▸ **Your objective**:
Scan the records for the word "Reads". Copy each line that includes it.

▸ **Records for processing**:

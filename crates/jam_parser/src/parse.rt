//! Reading a whole file.
ghost use Rattle.std.specs.Prelude.{◌≡◌, IfErr, IfOk, MatchResult};
ghost use Rattle.jam_grammar.specs.Readings.{Reads, last_line};
ghost use Rattle.jam_parser.specs.Faults.{IsFault, IsFaultHere, IsToldAt};

use crate::fault::SyntaxFault;
use crate::reading::{ReadingFault, next_of};
use crate::stmts::stmts;
use b2_base::text::Text;
use b2_base::token::Token;
use jam_grammar::tree::{Block, Tree};
use std::alloc::Global;

/// The tree of the tokens. The fault At comes exactly where they have none.
pub fn parse(alloc: Global, tokens: &[Token]) -> Result<Tree, SyntaxFault>
    ensures tree { IfOk result (λ tree. Reads tokens.now tree) }
    ensures fault { IfErr result (λ fault. IsFault tokens.now fault) }
{
    match whole(alloc, tokens) {
        Ok(tree) => Ok(tree),
        Err(ReadingFault::Memory) => Err(SyntaxFault::OutOfMemory),
        Err(ReadingFault::At(rest)) => Err(told(alloc, tokens, rest)),
    }
}

/// Reads all tokens as statements.
fn whole<'a>(alloc: Global, tokens: &'a [Token]) -> Result<Tree, ReadingFault<'a>>
    ensures { MatchResult result (λ tree. Reads tokens.now tree) (λ fault. IsFaultHere tokens.now fault) }
{
    let (stmts, left) = stmts(alloc, tokens, 0)?;
    match next_of(left) {
        None => Ok(Tree {
            block: Block { stmts },
        }),
        Some(_) => Err(ReadingFault::At(left)),
    }
}

/// What is told of a fault at the first of the tokens that are left.
fn told(alloc: Global, tokens: &[Token], rest: &[Token]) -> SyntaxFault
    ensures { IsToldAt tokens.now rest.now result }
{
    let (line, found) = match next_of(rest) {
        Some((_, first, _)) => (first.line, first.text.copy()),
        None => (last_line(tokens), Text::new(alloc, "")),
    };
    match found {
        Ok(found) => SyntaxFault::At { line, found },
        Err(_) => SyntaxFault::OutOfMemory,
    }
}

/// The line of the last token; 1 where there is none.
fn last_line(tokens: &[Token]) -> u32
    ensures { result ≡ last_line tokens.now }
{
    let mut line = 1;
    for token in tokens {
        line = token.line;
    }
    line
}
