//! Edits of the host in memory, and the stamps of its files.
use crate::host::child_commands::child_command;
use b2_base::path::Path;
use b2_host::fault::Failed;
use b2_host::files::Files;
use b2_memory::memory::MemoryHost;
use std::alloc::Global;
use transcript::answer::Answer;
use transcript::case_fault::CaseFault;
use transcript::command::{Command, Word};
use transcript::words::{only, path};

fn edit_file(
    alloc: Global,
    host: &mut MemoryHost,
    path: &Path,
    bytes: Option<&[u8]>,
) -> Result<Answer, CaseFault> {
    if !host.running().is_empty() {
        return Answer::line(alloc, "a child runs");
    }
    host.edit(path, bytes)?;
    Ok(Answer::new(alloc))
}

/// `edit PATH BYTES`, or `edit PATH` with the text below it: writes a file. It needs that no child runs.
fn edit(alloc: Global, host: &mut MemoryHost, command: &Command) -> Result<Answer, CaseFault> {
    match command.words() {
        [word] => {
            let path = path(alloc, word.as_str()?)?;
            edit_file(alloc, host, &path, Some(command.text().as_bytes()))
        }
        [word, bytes] => {
            let path = path(alloc, word.as_str()?)?;
            edit_file(alloc, host, &path, Some(bytes.bytes()))
        }
        _ => Err(CaseFault::WrongWords),
    }
}

/// `delete PATH`: an edit that deletes. It needs that no child runs.
fn delete(alloc: Global, host: &mut MemoryHost, words: &[Word]) -> Result<Answer, CaseFault> {
    let path = path(alloc, only(words)?)?;
    edit_file(alloc, host, &path, None)
}

/// `stat PATH`: the stamp of the file there.
fn stat(alloc: Global, host: &mut MemoryHost, words: &[Word]) -> Result<Answer, CaseFault> {
    let path = path(alloc, only(words)?)?;
    match host.stat(&path) {
        Ok(None) => Answer::line(alloc, "none"),
        Ok(Some(stamp)) => {
            let mut answer = Answer::new(alloc);
            answer.put("stamp ");
            answer.put_number(stamp);
            answer.end_line();
            Ok(answer)
        }
        Err(Failed) => Answer::line(alloc, "Failed"),
    }
}

/// Carries out an edit, or a look at a stamp, or another command.
pub fn file_command(
    alloc: Global,
    host: &mut MemoryHost,
    command: &Command,
) -> Result<Answer, CaseFault> {
    let words = command.words();
    match command.name() {
        "edit" => edit(alloc, host, command),
        "delete" => delete(alloc, host, words),
        "stat" => stat(alloc, host, words),
        _ => child_command(alloc, host, command),
    }
}
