//! Why tokens have no tree.

use b2_base::fault::OutOfMemory;
use b2_base::text::Text;

/// Why tokens have no tree.
#[derive(Drop)]
pub enum SyntaxFault {
    /// The tokens up to this one begin no tree, and those before it do. Where all tokens begin a tree and are none,
    /// `found` is empty.
    At {
        /// The line of the token, counted from 1; where `found` is empty that of the last token.
        line: u32,
        /// The text of the token.
        found: Text,
    },
    /// No memory was left.
    OutOfMemory,
}

impl From<OutOfMemory> for SyntaxFault {
    ghost use Rattle.std.specs.Prelude.{◌≡◌};
    ghost use Rattle.jam_parser.specs.declared.fault.SyntaxFault.TheVariants as faults;

    ghost from_gives = { λ _ fault. fault ≡ faults.OutOfMemory };

    fn from(_error: OutOfMemory) -> SyntaxFault {
        SyntaxFault::OutOfMemory
    }
}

▸ **Answer to this exercise**:
ghost use Rattle.jam_grammar.specs.Readings.{Reads, last_line};
    ensures tree { IfOk result (λ tree. Reads tokens.now tree) }
/// Reads all tokens as statements.
    ensures { MatchResult result (λ tree. Reads tokens.now tree) (λ fault. IsFaultHere tokens.now fault) }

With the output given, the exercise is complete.